=== DIRECTIONS FOR THIS TASK ===
What is needed is a copy of each line in the listing below that contains "Growth".

*****

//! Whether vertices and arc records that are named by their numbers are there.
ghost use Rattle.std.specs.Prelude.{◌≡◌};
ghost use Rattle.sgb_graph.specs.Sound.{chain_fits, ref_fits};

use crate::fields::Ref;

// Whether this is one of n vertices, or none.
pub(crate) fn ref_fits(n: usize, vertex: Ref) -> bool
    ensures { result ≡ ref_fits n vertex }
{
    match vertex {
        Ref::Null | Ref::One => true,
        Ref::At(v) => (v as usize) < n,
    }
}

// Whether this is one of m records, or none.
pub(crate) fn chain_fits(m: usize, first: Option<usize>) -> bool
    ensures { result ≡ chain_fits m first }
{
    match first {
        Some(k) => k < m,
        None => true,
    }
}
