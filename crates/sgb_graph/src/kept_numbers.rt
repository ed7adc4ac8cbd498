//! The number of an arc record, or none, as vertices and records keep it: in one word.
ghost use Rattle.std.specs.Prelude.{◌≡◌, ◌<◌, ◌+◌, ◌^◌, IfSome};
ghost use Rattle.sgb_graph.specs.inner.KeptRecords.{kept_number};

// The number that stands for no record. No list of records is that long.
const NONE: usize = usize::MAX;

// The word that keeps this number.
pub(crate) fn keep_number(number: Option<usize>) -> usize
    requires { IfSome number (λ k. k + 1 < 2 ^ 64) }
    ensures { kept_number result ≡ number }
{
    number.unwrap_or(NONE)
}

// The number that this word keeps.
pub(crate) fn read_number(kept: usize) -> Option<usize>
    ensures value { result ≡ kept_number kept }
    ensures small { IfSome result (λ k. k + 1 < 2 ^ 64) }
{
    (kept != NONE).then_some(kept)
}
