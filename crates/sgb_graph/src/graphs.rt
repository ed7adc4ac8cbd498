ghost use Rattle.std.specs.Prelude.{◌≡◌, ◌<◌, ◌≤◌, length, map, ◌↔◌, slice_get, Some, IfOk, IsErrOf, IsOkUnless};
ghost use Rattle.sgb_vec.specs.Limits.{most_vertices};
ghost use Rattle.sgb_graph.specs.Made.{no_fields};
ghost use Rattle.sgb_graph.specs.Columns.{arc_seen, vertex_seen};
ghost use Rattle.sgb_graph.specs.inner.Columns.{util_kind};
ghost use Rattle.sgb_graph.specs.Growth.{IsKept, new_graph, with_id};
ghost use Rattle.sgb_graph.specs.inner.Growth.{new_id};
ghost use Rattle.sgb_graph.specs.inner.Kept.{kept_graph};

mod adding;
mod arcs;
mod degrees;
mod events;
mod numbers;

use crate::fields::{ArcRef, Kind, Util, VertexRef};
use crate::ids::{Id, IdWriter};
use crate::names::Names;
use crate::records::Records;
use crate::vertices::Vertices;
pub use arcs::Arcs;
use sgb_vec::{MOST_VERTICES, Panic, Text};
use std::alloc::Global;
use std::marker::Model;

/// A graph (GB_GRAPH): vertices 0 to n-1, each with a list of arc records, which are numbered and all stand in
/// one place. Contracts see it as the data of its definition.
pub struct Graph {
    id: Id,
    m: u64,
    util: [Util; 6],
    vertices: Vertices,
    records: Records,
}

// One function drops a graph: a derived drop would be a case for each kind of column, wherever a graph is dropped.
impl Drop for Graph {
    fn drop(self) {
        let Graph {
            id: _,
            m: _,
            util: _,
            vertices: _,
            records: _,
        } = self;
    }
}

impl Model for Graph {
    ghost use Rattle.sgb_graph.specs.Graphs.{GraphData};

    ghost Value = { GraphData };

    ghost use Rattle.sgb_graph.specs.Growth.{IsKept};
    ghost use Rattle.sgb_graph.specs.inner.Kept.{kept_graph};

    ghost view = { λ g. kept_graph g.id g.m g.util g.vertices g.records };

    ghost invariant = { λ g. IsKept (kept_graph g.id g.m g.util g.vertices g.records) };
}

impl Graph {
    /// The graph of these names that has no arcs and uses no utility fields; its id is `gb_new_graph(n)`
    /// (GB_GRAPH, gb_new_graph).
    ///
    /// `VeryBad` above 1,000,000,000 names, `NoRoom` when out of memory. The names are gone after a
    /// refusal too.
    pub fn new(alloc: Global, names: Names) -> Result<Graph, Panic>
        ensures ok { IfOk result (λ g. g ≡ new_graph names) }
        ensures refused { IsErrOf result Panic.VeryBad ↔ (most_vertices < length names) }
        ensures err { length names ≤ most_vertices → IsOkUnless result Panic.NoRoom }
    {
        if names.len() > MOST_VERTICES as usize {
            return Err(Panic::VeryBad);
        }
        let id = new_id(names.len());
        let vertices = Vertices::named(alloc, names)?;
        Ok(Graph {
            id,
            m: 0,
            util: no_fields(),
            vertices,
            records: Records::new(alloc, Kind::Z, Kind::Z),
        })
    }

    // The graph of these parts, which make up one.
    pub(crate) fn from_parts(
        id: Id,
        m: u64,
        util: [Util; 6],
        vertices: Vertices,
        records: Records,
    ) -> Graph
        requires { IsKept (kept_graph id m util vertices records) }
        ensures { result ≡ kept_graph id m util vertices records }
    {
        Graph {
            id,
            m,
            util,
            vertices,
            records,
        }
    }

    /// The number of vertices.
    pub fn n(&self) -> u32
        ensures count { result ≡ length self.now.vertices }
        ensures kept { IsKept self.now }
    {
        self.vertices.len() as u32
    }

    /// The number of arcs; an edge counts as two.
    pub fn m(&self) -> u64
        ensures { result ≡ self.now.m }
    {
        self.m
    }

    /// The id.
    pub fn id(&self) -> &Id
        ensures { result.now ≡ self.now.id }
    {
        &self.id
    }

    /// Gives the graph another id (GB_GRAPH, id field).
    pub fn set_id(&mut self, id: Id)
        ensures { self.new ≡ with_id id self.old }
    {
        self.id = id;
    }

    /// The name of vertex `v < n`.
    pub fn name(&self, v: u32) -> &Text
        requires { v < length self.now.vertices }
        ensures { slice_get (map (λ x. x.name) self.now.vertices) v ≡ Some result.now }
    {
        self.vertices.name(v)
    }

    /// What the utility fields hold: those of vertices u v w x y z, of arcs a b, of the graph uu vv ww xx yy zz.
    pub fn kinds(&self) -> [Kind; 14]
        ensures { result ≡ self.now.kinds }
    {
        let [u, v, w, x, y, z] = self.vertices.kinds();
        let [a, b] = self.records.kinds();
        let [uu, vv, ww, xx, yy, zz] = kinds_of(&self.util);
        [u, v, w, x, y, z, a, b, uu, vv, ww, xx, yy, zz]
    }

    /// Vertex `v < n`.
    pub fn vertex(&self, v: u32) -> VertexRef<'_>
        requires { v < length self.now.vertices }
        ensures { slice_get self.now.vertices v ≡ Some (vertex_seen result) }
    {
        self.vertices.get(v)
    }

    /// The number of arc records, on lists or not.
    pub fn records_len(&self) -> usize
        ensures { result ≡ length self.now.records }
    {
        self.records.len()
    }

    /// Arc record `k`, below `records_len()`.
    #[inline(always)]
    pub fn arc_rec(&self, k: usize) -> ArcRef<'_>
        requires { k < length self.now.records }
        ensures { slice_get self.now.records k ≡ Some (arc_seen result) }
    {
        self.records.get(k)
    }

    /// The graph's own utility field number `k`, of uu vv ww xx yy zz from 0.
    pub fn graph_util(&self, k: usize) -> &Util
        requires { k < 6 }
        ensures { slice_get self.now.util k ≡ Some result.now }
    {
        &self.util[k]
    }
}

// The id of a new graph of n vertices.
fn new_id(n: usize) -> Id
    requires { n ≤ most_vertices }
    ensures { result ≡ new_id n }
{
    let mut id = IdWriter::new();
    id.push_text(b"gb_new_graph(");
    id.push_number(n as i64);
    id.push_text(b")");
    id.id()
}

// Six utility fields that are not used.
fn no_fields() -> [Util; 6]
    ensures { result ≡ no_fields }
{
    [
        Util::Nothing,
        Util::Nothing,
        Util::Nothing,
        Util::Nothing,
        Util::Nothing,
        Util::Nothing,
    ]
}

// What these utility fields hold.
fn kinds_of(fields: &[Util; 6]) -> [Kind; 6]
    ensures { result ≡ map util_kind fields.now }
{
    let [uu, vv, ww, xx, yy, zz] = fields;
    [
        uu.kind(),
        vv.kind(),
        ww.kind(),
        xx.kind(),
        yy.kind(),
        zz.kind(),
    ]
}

*****

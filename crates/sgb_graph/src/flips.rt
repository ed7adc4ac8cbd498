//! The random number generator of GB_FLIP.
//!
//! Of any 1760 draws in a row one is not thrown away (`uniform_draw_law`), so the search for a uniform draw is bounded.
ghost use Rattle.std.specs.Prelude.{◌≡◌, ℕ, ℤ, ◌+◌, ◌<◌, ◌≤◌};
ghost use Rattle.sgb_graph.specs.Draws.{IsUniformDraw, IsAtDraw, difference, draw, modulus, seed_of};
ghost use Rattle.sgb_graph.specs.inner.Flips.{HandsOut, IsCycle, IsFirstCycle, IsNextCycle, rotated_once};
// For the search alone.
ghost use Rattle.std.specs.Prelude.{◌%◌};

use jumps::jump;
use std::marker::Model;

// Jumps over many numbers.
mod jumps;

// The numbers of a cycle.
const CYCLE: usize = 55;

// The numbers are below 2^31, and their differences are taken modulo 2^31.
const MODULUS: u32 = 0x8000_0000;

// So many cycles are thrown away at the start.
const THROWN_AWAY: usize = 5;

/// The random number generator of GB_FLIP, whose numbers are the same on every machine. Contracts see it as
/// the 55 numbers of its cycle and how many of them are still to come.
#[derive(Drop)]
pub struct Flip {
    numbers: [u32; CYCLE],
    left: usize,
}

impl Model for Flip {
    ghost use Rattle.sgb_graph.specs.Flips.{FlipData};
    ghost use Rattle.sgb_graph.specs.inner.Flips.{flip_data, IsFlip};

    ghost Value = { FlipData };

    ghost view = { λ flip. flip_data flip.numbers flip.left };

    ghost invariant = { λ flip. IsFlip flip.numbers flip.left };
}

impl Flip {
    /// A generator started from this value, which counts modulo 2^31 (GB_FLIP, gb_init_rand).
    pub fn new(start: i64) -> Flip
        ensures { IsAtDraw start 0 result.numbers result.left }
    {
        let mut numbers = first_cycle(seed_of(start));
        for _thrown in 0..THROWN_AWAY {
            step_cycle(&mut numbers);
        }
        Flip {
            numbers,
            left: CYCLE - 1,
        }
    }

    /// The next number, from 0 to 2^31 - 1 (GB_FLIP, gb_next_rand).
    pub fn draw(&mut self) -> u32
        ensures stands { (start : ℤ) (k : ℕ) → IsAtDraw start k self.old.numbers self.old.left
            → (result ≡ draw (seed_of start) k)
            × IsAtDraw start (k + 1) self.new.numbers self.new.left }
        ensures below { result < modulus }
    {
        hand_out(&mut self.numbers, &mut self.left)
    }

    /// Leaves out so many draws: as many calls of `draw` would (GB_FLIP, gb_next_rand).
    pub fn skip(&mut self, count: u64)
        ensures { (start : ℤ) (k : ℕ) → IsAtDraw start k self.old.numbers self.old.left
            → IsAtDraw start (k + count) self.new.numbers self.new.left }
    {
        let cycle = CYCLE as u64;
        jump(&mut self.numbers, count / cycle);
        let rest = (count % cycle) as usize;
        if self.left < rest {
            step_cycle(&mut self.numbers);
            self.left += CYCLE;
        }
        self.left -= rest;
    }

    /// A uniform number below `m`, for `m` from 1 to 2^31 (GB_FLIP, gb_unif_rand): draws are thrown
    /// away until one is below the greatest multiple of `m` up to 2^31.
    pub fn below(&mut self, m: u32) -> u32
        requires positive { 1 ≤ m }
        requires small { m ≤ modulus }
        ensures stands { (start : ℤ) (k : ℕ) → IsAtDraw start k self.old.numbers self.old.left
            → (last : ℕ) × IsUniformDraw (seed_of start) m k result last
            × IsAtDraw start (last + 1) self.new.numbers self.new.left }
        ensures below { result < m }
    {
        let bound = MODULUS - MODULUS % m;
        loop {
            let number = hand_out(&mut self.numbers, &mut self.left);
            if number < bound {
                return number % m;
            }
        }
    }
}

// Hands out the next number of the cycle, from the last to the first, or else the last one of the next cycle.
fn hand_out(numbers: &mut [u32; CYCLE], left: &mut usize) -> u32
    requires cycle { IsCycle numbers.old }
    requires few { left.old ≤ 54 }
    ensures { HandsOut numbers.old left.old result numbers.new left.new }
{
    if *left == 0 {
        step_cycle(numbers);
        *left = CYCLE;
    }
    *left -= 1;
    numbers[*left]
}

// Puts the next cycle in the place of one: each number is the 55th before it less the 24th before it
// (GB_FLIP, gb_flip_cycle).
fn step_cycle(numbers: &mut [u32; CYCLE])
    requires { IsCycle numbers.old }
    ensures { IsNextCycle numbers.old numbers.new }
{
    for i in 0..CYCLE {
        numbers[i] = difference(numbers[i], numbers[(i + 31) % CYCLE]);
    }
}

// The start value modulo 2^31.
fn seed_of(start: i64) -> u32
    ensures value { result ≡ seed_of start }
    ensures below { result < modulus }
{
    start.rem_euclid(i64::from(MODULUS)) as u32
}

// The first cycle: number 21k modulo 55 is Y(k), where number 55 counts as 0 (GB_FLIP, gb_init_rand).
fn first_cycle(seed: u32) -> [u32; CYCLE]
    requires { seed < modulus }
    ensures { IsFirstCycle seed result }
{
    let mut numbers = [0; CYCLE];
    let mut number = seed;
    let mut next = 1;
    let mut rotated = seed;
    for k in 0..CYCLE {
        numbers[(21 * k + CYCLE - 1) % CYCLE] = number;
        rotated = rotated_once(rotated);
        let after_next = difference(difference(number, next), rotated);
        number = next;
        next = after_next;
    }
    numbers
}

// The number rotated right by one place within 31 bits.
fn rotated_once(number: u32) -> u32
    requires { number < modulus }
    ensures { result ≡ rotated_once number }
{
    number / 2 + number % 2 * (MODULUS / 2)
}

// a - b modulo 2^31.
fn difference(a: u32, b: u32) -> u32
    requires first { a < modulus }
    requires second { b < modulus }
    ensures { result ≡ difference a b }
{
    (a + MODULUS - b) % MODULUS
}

*****

=== EXPECTED ANSWER ===
ghost use Rattle.sgb_graph.specs.Growth.{IsKept, new_graph, with_id};
ghost use Rattle.sgb_graph.specs.inner.Growth.{new_id};
    ghost use Rattle.sgb_graph.specs.Growth.{IsKept};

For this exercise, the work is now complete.